Creative Writing Workshop: Crafting Character

Posted at 04:18am on 26th July 2019

Today we're going to look at Crafting Character, and its importance in terms of plot and theme. This was the topic of the previous post in this series - the way in which The Riverbed of Theme runs through the narrative of a story, be it fictional or memoir. It is Character, however, that stands above both. Without the careful Crafting of Character, neither plot nor theme could be conveyed.


Today I'm going to share what I've learned, over the years, about Characterisation. It's a big subject, so it's going to take more than this one post to do it justice. Although there may be those who disagree, I want to begin by saying:

Characterisation is as relevant for those wanting to write a memoir as it is for those who are aspiring novelists.


Obviously, a novel is a story about people. Equally obvious is the fact that your autobiography or memoir (a particular part of your life-account) is also about people. You! And those who have affected your life. But, I hear you say, if I'm writing my own story, why do I need to know about Characterisation? Well, novelists talk about Plot being Character-led. In just the same way, your true-life story has come about largely because of YOUR Character and the way in which YOU have responded to the people and circumstances you've encountered.

It's crucial to understand this. A different Character to you might respond quite differently to exactly the same stimuli. That Character's reaction to the first situation, which set you off in a certain direction, might be so utterly different that they never meet with the next stage of your journey. So - from exactly the same beginning - a different Character may take a completely diverse route, and reach an entirely different destination!

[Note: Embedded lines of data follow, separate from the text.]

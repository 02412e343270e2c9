//! Enclosures: what the code knows of a number. An enclosure shows an interval, and every operation gives one
//! that holds what the model's operation gives, and that is no wider than the model's bounds promise. So a
//! formula that is written over the trait holds its value, at whatever scale it runs. A test is made only where
//! the enclosures decide it; where they don't, it says which test that was and what the enclosures were.
//!
//! - `Enclosure`: the trait, with the clauses that formulas are proved from;
//! - `Trail`: the count of the tests of a run, and what it caches of what it may ask again (`Asked`);
//! - `Coarse`: the first kind, by endpoints of 64 bits in units of 2⁻³⁶;
//! - `floor_step`, `less_step` and `wrap_step`: the tests as steps of a formula's program;
//! - `first_day`: the search for the first day of which a `DayTest` is true;
//! - `lies_within`: whether an enclosure lies within another;
//! - `greatest_widths`: how wide the results of formulas are at most, a row for each;
//! - `parts`, `shr_floor`, `high_half`, `modulo`, `amod`: of `interval_endpoints`, re-exported to the formulas above.
//!
//! Widths through tests are said at the scale 2⁻⁵⁶ alone, for all widths of the argument (`Measured` of `Widths.antt`). That a
//! failure's bounds are close doesn't speak of the program, and so passes through `?`. Lemmas lead from the computed bound of an
//! expression to the width of what is enclosed (`Measuring`, `Covering`, `TermCovers`), and from the widths of a test's sides to
//! how far apart its endpoints lie where it is undecided (`Closing`).
#![tactic(auto)]

mod asked;
mod circle;
mod coarse;
mod enclosure;
mod fractions;
pub mod greatest_widths;
mod kept;
mod search;
mod span;
mod steps;
mod sums;
mod trail;
mod turning;
mod within;

pub use asked::Asked;
pub use circle::pi;
pub use coarse::Coarse;
pub use enclosure::Enclosure;
pub use interval_endpoints::{amod, high_half, modulo, parts, shr_floor};
pub use search::{DayTest, first_day};
pub use span::Span;
pub use steps::{floor_step, less_step, wrap_step};
pub use sums::{Term, sum_of_terms};
pub use trail::Trail;
pub use within::lies_within;
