//! What a run may ask again.
ghost use Rattle.std.specs.Prelude.{◌<◌};

/// What a run may ask again, and a trail caches.
#[derive(Clone, Copy, PartialEq)]
pub enum Asked {
    /// The moment of the new moon of a number, counted from that of January of the year 1.
    NewMoon(i64),
    /// ΔT of a year.
    Correction(i64),
}

impl Asked {
    // A walk to the new moon before a moment names four or five of three neighbouring numbers (that about
    // the moment, those that it tries, and its answer): by three places each is evaluated once, where
    // one place for the last of them had two evaluated twice.
    /// Its place among the five of a trail. The new moon of number 0, which every walk asks first, has one of its own, and so has ΔT of
    /// the last year. The other new moons share three, by the remainder of their number by 3.
    pub(crate) fn place(self) -> usize
        ensures few { result < 5 }
    {
        match self {
            Asked::NewMoon(0) => 0,
            Asked::NewMoon(number) => 1 + number.rem_euclid(3) as usize,
            Asked::Correction(_) => 4,
        }
    }
}
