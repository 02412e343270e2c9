//! Sums over the rows of a table.
ghost use Rattle.std.specs.Prelude.{◌≡◌, ◌≤◌, ℕ, List};
ghost use Rattle.book_model.specs.numbers.Bounds.{Reach, limits_of};
ghost use Rattle.book_model.specs.numbers.Expressions.{Expression, World};
ghost use Rattle.book_model.specs.numbers.Relations.{Within, Narrow};
ghost use Rattle.book_model.specs.numbers.Terms.{terms_of};
ghost use Rattle.book_model.specs.numbers.Depth.{DEPTH};

use crate::Enclosure;

// One definition (`Terms.antt`) and one loop serve the sun's periodic terms, the moon's terms and
// those of a new moon.
/// A row of a table over which a formula sums: what it adds, given what the angles or the time are.
pub trait Term<A: Copy, E: Enclosure> {
    /// What stands in the definition for what is given: an expression, or several.
    ghost Given: { Type 0 };

    /// What is given holds what stands for it in the definition.
    ghost holds: { World → Self.Given → A → Type 0 };

    /// What is given keeps the bounds of what stands for it in the definition.
    ghost keeps: { Reach → Self.Given → A → Type 0 };

    /// What the row adds, as an expression of the definition.
    ghost term_of: { Self.Given → Self → Expression };

    // Of this one the width is told. The two differ for the sun's periodic terms alone.
    /// The same expression in the form in which it is computed.
    ghost computed_of: { Self.Given → Self → Expression };

    /// What the row adds.
    fn term(&self, given: A) -> E
        ensures held { (w : World) (g : Self.Given) → DEPTH ≤ w.depth → holds w g given
            → Within E.shown w (term_of g self.now) result }
        ensures narrow { (r : Reach) (g : Self.Given) → keeps r g given
            → Narrow E.shown (limits_of E.BITS) r (computed_of g self.now) result };
}

/// The sum of what the rows of a table add.
#[tactic(auto, using(crate::proofs::TermSums::sums))]
pub fn sum_of_terms<A: Copy, E: Enclosure, T: Term<A, E>>(rows: &[T], given: A) -> E
    ensures holds { (w : World) (g : T.Given) (none : T) → DEPTH ≤ w.depth → T.holds w g given
        → Within E.shown w (terms_of (T.term_of g) none rows.now) result }
    ensures narrow { (r : Reach) (g : T.Given) (none : T) → T.keeps r g given
        → Narrow E.shown (limits_of E.BITS) r (terms_of (T.computed_of g) none rows.now) result }
{
    let mut sum = E::from_int(0);
    for row in rows {
        sum = sum.add(row.term(given));
    }
    sum
}
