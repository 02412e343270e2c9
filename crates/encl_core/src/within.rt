//! Whether an enclosure lies within another.
ghost use Rattle.std.specs.Prelude.{◌≡◌, IsTrue};
ghost use Rattle.book_model.specs.Interval.{◌⊆◌};
ghost use Rattle.encl_core.specs.Kept.{shown_span};

use crate::{Enclosure, Span};

/// Whether two endpoints lie between two others.
#[tactic(auto, using(crate::proofs::Between::span_within))]
fn are_between(inner: Span, outer: Span) -> bool
    ensures within { IsTrue result → shown_span inner ⊆ shown_span outer }
{
    outer.lo <= inner.lo && inner.hi <= outer.hi
}

/// Whether two endpoints lie within an enclosure.
#[tactic(auto, using(crate::proofs::Between::then_within, crate::proofs::Between::within_all))]
fn endpoints_within<E: Enclosure>(inner: Span, outer: E) -> bool
    ensures within { IsTrue result → shown_span inner ⊆ E.shown outer }
{
    match outer.span() {
        Some(endpoints) => are_between(inner, endpoints),
        None => true,
    }
}

/// Whether an enclosure lies within another; not, where nothing is known of it.
#[tactic(auto, using(crate::proofs::Between::first_within))]
pub fn lies_within<E: Enclosure>(inner: E, outer: E) -> bool
    ensures within { IsTrue result → E.shown inner ⊆ E.shown outer }
{
    match inner.span() {
        Some(endpoints) => endpoints_within(endpoints, outer),
        None => false,
    }
}
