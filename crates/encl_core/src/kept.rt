//! What a run has evaluated.
ghost use Rattle.encl_core.specs.Kept.{IsKept, IsKept-prop, IsKeptWithin, IsKeptWithin-prop, program_of, tests_of};

use crate::Span;
use crate::asked::Asked;
use std::alloc::AllocError;

// The type says that what is cached is right: the program of what was asked makes so many tests,
// decides them and ends within these endpoints, which are so narrow at the fine scale. So it may be
// taken at any turn. A ghost field has to be a proposition, so that is said of runs and not by `Leads`.
/// What was asked, as enclosures of one scale give it.
pub struct Kept {
    asked: Asked,
    // The scale is part of the key: fine enclosures never take coarse endpoints.
    bits: u32,
    endpoints: Span,
    ghost evaluated: { IsKept (tests_of asked) (program_of asked) endpoints } by { IsKept-prop (tests_of asked) (program_of asked) endpoints },
    ghost measured: { IsKeptWithin asked bits endpoints } by { IsKeptWithin-prop asked bits endpoints },
}

impl Clone for Kept {
    ghost use Rattle.std.specs.Prelude.{◌≡◌};

    ghost is_clone = { λ v w. w ≡ v };

    fn clone(&self) -> Result<Self, AllocError> {
        Ok(*self)
    }
}

impl Copy for Kept {}

impl Kept {
    ghost use Rattle.std.specs.Prelude.{IfSome};

    /// What was asked, where an enclosure at scale 2 to the power of minus `bits` gave these endpoints.
    pub(crate) fn new(asked: Asked, bits: u32, endpoints: Span) -> Self
        requires evaluated { IsKept (tests_of asked) (program_of asked) endpoints }
        requires measured { IsKeptWithin asked bits endpoints }
    {
        Kept {
            asked,
            bits,
            endpoints,
        }
    }

    /// Its endpoints, if this was asked at this scale.
    pub(crate) fn at(self, asked: Asked, bits: u32) -> Option<Span>
        ensures evaluated { IfSome result (IsKept (tests_of asked) (program_of asked)) }
        ensures measured { IfSome result (IsKeptWithin asked bits) }
    {
        if self.asked == asked {
            return self.at_scale(bits);
        }
        None
    }

    /// Its endpoints, if it is at this scale.
    fn at_scale(self, bits: u32) -> Option<Span>
        ensures evaluated { IfSome result (IsKept (tests_of self.asked) (program_of self.asked)) }
        ensures measured { IfSome result (IsKeptWithin self.asked bits) }
    {
        if self.bits == bits {
            return Some(self.endpoints);
        }
        None
    }
}
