//! Tests by value of the crates that read and write texts: streams, certificates, verdicts, words, shelves, chunks of work,
//! runs. They stand here, above all of these crates, so that each of those is proved once; there is no code.
#![tactic(auto)]

#[cfg(test)]
mod tests;
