//! The number pi.

ghost use Rattle.book_model.specs.programs.Calls.{Encloses};
ghost use Rattle.book_model.specs.numbers.Expressions.{pi as pi_number};

use crate::{Enclosure, Span};
use book_model::tables::{PI_ABOVE, PI_BELOW};

/// Pi, between two neighbours in units of 2⁻⁵⁶.
#[tactic(auto, using(crate::proofs::PiEndpoints::within_pi, crate::proofs::PiEndpoints::narrow_pi))]
pub fn pi<E: Enclosure>() -> E
    ensures encloses { Encloses E.shown E.BITS pi_number result }
{
    E::from_span(Span {
        lo: PI_BELOW.num(),
        hi: PI_ABOVE.num(),
    })
}
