//! The angle of a periodic term, of endpoints in units of 2⁻³⁶.
ghost use Rattle.std.specs.Prelude.{◌≡◌, ℕ, pos, neg_ℤ, ◌^◌, ◌*ℤ◌, ◌+ℤ◌, ◌≤ℤ◌};
ghost use Rattle.book_model.specs.Interval.{◌⊆◌, sum, product, between};
ghost use Rattle.book_model.specs.numbers.Bounds.{Bound, IsNarrow, sum_bound, constant_bound, scaled_bound, limits_36};
ghost use Rattle.book_model.specs.numbers.Fractions.{ten_millionths, daily_ten_millionths};
ghost use Rattle.interval_endpoints.specs.Shown.{shown_endpoints};

use interval_endpoints::{Endpoints, ceil_div, endpoints_of, floor_div, sorted};

/// What a rate of ten-millionths a century is counted by in a day.
const DAILY: i128 = 365_250_000_000;

/// What a phase of ten-millionths is counted by: 2³⁶ times the 36,525 days of a century, so that it stands over the same
/// denominator as a rate times an endpoint, and one quotient rounds both.
const PHASE_UNITS: i128 = 36_525 << 36;

/// The product of an endpoint and a rate.
#[inline(always)]
fn product_of(a: i64, b: i64) -> i128
    ensures value { result ≡ a *ℤ b }
    ensures room { neg_ℤ (pos (2 ^ 126)) ≤ℤ result }
{
    i128::from(a) * i128::from(b)
}

/// A phase of ten-millionths and the rate times an endpoint, by that number.
#[inline(always)]
fn turned(end: i64, phase: i64, rate: i64) -> i128
    ensures value { result ≡ phase *ℤ pos 2509978887782400 +ℤ end *ℤ rate }
{
    i128::from(phase) * PHASE_UNITS + product_of(end, rate)
}

/// The endpoints around a phase of ten-millionths and a rate of so many a century times the members, which are
/// days: one quotient at each endpoint.
#[inline(always)]
pub(crate) fn angle_endpoints(
    x: Option<Endpoints<i64>>,
    phase: i64,
    rate: i64,
) -> Option<Endpoints<i64>>
    ensures holds { sum (between (ten_millionths phase) (ten_millionths phase))
        (product (shown_endpoints x) (between (daily_ten_millionths rate) (daily_ten_millionths rate)))
        ⊆ shown_endpoints result }
    ensures narrow { (w : ℕ) (a : Bound) → IsNarrow w a (shown_endpoints x)
        → IsNarrow w (sum_bound limits_36 (constant_bound limits_36 (ten_millionths phase))
        (scaled_bound limits_36 (daily_ten_millionths rate) a)) (shown_endpoints result) }
{
    let x = x?;
    let p = turned(x.lo, phase, rate);
    let q = turned(x.hi, phase, rate);
    let (least, greatest) = sorted(p, q);
    endpoints_of(floor_div(least, DAILY), ceil_div(greatest, DAILY))
}
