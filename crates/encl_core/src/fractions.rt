//! Fractions as endpoints in units of 2⁻³⁶, rounded outwards.
ghost use Rattle.std.specs.Prelude.{◌≡◌, ℕ, ◌*◌, ◌^◌, ◌<◌};
ghost use Rattle.book_model.specs.Interval.{◌⊆◌, between};
ghost use Rattle.book_model.specs.numbers.Fractions.{fraction_of};
ghost use Rattle.book_model.specs.numbers.Bounds.{IsNarrow, constant_bound, limits_36};
ghost use Rattle.interval_endpoints.specs.Shown.{shown_endpoints};

use book_model::Frac;
use interval_endpoints::parts::ONE_36;
use interval_endpoints::{Endpoints, ceil_div, endpoints_of, endpoints_of_fraction, floor_div};

// Where a caller's denominator is a constant, the compiler takes the branch away.
/// How many times 2³⁶ goes into a denominator; 0, where it leaves a remainder.
#[inline(always)]
fn units_of(den: u64) -> u64
    ensures value { 0 < result → den ≡ result * 2 ^ 36 }
{
    if den % ONE_36 as u64 == 0 {
        den / ONE_36 as u64
    } else {
        0
    }
}

/// The endpoints around a fraction whose denominator is so many times 2³⁶.
#[inline(always)]
fn fine_endpoints(value: Frac, units: u64) -> Option<Endpoints<i64>>
    requires some { 0 < units }
    requires denominator { value.den ≡ units * 2 ^ 36 }
    ensures holds { between (fraction_of value) (fraction_of value) ⊆ shown_endpoints result }
    ensures narrow { (w : ℕ) → IsNarrow w (constant_bound limits_36 (fraction_of value))
        (shown_endpoints result) }
{
    let parts = value.num();
    let units = i128::from(units);
    endpoints_of(floor_div(parts, units), ceil_div(parts, units))
}

/// The endpoints around a fraction. Where the denominator holds the scale, as that of a number in units of 2⁻⁵⁶
/// does, the numbers to divide stay small.
#[inline(always)]
pub(crate) fn frac_endpoints(value: Frac) -> Option<Endpoints<i64>>
    ensures holds { between (fraction_of value) (fraction_of value) ⊆ shown_endpoints result }
    ensures narrow { (w : ℕ) → IsNarrow w (constant_bound limits_36 (fraction_of value))
        (shown_endpoints result) }
{
    let units = units_of(value.den());
    if units > 0 {
        fine_endpoints(value, units)
    } else {
        endpoints_of_fraction(value)
    }
}
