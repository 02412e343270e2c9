//! What no clause says of streams and texts, one file for each crate; and an evaluator that several use.
mod files;
mod known;
mod outcomes;
mod pieces;
mod shelves;
mod streams;
mod texts;
mod verdicts;
mod words;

In the same way, one fictitious Character's reaction will be different to another's. Consequently, given the same set of circumstances, the story of Character A will be unlike the story of Character B. Although it is perfectly possible to create a story based on the protagonist acting out of character, your choice of Character is still vital to the integrity of your narrative. And if 'being in Character' means that they are weak and spineless, so that they drift like flotsam and jetsam, allowing themselves to ebb and flow with the tide - even that lack of drive in their lives could be a driving force in the plot of the story.

We can best sum this up as follows:







The fact is that whether the Characters in your book are drawn from your imagination or from real life, you need to know them inside out. And how well, I wonder, do you know yourself - let alone anyone else? There's a verse in the Bible which states that 'the heart is deceitful above all things'. If we're to produce credible Characters either from our imagination, or as players in an autobiography, we need to develop an understanding of human nature.


Cardboard Characters are two-dimensional. The tendency, for a new writer, is to think of the Characters of their book as being either good or bad. But the fact is that almost all of us are deeper than that. Even the Hannibal Lecters of this world (the cannibal serial killer from Silence of the Lambs) might have a weak spot. (If anyone can identify what it was, please let us know!) Hitler, for all his barbaric and murderous acts, loved Eva Braun, at least enough to put her at the top of the personal bequests in his will, which would have given her a generous income for the rest of her life - had she had one!

Conversely, we all know how we can kid ourselves into believing what we want to believe about ourselves. I'm a nice person but I'm in a rush, I tell myself as I jostle ahead of a young mum with a fractious child, in order that I might be next in the queue. I'm doing this in love, I think, as I break damaging news to someone who might have been better left in ignorance. I deserve this break, I mutter, as I embroider the truth in order to project a better image of myself.

If that's how we rationalise life to ourselves, then that's how the Characters in our books should conduct their lives. The Characters we write about need:

  • Credibility - to be true to life
  • Creativity - in the way they respond to conflict
  • Complexity - the depth which makes them three dimensional


Think of a book or film you know well. Identify the Theme and the manner in which it was fulfilled i.e. the Plot. What were the features of the Main Character's personality, and how did they convey the Theme? Substitute another Character you know of from a book or film. How different would the storyline have been under the influence of that Character's temperament?